[Collected data]

+-------+

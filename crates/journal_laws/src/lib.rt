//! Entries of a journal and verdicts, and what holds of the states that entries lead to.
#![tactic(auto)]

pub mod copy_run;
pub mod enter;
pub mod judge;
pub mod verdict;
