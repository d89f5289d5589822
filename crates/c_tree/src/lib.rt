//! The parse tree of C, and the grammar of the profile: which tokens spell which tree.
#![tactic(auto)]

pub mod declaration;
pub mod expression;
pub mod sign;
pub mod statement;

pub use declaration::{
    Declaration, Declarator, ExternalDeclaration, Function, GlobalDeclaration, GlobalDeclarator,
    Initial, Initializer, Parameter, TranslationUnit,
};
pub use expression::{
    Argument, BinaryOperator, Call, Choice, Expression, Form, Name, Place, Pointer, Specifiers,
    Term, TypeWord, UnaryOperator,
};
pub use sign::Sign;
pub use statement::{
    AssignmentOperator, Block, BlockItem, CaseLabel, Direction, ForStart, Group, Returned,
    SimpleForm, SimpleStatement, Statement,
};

+-------+

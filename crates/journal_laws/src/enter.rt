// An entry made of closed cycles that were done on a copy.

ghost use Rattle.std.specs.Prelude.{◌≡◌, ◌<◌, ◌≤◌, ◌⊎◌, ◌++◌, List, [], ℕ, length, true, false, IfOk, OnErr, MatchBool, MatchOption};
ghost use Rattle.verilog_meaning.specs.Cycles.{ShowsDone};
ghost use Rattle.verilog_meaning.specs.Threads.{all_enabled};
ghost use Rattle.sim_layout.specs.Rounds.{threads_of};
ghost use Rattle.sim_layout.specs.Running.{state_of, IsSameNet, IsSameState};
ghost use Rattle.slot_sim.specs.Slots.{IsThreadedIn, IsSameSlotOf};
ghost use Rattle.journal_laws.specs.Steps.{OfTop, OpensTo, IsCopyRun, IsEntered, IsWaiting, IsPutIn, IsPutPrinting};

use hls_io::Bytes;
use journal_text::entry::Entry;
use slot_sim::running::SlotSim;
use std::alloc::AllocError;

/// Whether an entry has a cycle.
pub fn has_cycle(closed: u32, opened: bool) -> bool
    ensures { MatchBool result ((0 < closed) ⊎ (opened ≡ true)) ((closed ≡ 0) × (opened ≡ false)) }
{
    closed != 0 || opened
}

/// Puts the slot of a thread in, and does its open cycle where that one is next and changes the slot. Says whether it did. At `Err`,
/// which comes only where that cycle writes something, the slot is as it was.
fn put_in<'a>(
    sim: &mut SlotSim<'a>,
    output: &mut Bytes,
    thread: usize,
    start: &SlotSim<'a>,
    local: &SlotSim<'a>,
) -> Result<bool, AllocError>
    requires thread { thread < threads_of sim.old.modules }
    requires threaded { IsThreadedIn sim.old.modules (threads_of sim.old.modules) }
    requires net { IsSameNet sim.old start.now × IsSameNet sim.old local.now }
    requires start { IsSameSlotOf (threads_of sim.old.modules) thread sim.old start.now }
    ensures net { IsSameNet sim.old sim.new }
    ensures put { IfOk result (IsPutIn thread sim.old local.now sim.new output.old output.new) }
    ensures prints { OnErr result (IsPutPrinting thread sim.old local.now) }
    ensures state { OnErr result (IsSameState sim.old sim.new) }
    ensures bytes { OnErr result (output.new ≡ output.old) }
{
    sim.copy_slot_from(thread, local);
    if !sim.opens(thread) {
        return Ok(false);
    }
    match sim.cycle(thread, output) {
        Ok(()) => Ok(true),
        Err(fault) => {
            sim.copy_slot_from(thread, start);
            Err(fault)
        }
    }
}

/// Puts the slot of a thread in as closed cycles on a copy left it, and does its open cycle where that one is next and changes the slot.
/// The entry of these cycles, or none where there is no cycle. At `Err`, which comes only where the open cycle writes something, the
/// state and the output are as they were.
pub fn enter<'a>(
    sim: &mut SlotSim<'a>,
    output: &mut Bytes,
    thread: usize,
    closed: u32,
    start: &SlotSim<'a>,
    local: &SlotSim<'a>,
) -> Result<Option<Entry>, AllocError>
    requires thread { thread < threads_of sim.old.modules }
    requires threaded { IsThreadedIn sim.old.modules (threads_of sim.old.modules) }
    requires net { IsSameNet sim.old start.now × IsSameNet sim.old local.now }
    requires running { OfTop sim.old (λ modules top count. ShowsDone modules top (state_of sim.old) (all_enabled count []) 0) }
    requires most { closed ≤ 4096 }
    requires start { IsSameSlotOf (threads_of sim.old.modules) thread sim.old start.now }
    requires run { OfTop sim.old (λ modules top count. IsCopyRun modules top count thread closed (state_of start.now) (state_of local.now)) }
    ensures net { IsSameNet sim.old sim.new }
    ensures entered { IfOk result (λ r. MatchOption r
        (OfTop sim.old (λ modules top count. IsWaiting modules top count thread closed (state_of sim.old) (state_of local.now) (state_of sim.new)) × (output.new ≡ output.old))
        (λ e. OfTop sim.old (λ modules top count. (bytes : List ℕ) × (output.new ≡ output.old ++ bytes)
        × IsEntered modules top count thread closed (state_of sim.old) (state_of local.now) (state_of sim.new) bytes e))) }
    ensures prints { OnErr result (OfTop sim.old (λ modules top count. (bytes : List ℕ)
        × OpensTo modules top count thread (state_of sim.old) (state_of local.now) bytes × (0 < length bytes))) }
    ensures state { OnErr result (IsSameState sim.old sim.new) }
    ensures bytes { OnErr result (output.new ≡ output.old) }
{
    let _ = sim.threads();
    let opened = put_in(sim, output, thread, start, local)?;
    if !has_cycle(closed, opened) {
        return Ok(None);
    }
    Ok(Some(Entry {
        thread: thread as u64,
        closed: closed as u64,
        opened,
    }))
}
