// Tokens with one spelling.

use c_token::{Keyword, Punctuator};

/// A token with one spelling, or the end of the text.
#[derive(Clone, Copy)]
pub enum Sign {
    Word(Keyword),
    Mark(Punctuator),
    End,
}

+-------+

> [TASK OBJECTIVE]
From the entries above, write out only the lines starting at the line that holds "filename crates/journal_laws/src/lib.rt" and ending at the line that holds "repository d89f5289d5589822", keeping both and matching them exactly.

> [RESULT FOR THIS TASK]
filename crates/journal_laws/src/lib.rt
//! Entries of a journal and verdicts, and what holds of the states that entries lead to.
#![tactic(auto)]

pub mod copy_run;
pub mod enter;
pub mod judge;
pub mod verdict;
repository d89f5289d5589822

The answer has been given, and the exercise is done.